[[ Supplied records open ]]

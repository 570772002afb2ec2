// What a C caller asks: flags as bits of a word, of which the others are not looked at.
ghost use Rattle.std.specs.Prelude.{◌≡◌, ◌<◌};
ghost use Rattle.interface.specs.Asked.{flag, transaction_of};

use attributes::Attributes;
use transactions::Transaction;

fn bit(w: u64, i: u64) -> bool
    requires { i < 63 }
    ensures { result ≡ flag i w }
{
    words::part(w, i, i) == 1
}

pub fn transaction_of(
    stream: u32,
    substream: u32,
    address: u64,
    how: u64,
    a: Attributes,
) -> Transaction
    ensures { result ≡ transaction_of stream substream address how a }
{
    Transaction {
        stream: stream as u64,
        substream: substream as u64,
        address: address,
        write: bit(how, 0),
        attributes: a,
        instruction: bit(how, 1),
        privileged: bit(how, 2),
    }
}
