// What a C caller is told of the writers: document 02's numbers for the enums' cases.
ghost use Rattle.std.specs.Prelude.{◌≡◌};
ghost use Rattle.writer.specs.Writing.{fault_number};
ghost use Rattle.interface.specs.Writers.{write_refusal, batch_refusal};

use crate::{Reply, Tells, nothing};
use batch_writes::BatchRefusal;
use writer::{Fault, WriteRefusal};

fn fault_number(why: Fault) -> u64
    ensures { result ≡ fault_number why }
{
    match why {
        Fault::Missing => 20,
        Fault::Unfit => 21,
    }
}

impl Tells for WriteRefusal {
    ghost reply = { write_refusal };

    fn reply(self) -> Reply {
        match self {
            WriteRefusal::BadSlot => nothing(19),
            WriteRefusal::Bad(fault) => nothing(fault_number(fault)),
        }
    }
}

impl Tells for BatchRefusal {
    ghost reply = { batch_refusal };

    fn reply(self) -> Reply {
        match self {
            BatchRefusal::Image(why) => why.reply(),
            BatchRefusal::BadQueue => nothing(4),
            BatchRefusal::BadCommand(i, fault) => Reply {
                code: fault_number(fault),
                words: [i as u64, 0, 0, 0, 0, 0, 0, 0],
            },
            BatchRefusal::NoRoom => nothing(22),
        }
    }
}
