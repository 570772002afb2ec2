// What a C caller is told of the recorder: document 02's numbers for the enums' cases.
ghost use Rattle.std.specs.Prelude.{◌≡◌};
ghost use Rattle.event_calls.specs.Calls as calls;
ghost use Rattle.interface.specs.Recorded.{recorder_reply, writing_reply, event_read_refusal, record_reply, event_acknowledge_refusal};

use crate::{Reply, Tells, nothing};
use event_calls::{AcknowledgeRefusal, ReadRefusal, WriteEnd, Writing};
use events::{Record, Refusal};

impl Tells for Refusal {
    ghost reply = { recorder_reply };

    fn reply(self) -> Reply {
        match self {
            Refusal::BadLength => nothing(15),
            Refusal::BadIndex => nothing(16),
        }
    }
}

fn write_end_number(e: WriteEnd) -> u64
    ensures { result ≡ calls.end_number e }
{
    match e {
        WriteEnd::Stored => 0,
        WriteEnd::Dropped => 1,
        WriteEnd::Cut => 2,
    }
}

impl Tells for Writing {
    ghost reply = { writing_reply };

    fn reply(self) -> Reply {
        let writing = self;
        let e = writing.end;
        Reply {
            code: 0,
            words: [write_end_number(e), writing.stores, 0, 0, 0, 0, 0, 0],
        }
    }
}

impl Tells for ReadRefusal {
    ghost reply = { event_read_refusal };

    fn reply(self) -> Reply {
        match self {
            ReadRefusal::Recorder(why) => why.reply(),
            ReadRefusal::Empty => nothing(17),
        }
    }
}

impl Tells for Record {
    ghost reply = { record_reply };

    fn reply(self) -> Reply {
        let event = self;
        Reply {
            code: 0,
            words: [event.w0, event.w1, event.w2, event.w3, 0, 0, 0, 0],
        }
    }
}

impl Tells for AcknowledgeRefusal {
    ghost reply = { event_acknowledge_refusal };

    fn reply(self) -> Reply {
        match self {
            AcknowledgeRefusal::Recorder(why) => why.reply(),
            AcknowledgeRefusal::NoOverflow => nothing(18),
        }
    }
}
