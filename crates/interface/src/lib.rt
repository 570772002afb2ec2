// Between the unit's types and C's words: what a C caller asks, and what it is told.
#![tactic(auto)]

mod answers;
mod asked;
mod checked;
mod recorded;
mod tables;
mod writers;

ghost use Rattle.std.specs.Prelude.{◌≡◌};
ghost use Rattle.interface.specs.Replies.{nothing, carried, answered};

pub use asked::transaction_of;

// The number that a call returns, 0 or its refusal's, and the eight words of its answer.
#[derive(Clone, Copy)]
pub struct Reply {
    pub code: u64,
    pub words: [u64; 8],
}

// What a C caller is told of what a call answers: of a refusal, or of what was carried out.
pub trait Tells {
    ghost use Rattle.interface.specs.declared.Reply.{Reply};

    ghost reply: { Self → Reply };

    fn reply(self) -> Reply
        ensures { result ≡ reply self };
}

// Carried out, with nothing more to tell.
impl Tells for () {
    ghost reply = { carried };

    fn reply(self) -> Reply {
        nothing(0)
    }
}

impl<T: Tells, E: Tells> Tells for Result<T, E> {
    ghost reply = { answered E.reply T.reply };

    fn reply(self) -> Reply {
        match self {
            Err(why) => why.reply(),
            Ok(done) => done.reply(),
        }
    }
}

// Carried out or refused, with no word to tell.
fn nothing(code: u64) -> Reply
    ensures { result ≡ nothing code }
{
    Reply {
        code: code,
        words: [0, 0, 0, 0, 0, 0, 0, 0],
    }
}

[[ Supplied records closed ]]

Work task :: Your answer must be the data above, copied exactly from its first line through the line containing "use transactions::Transaction;", and nothing more.

Result for this task ::
repository 570772002afb2ec2
// What a C caller asks: flags as bits of a word, of which the others are not looked at.
ghost use Rattle.std.specs.Prelude.{◌≡◌, ◌<◌};
ghost use Rattle.interface.specs.Asked.{flag, transaction_of};

use attributes::Attributes;
use transactions::Transaction;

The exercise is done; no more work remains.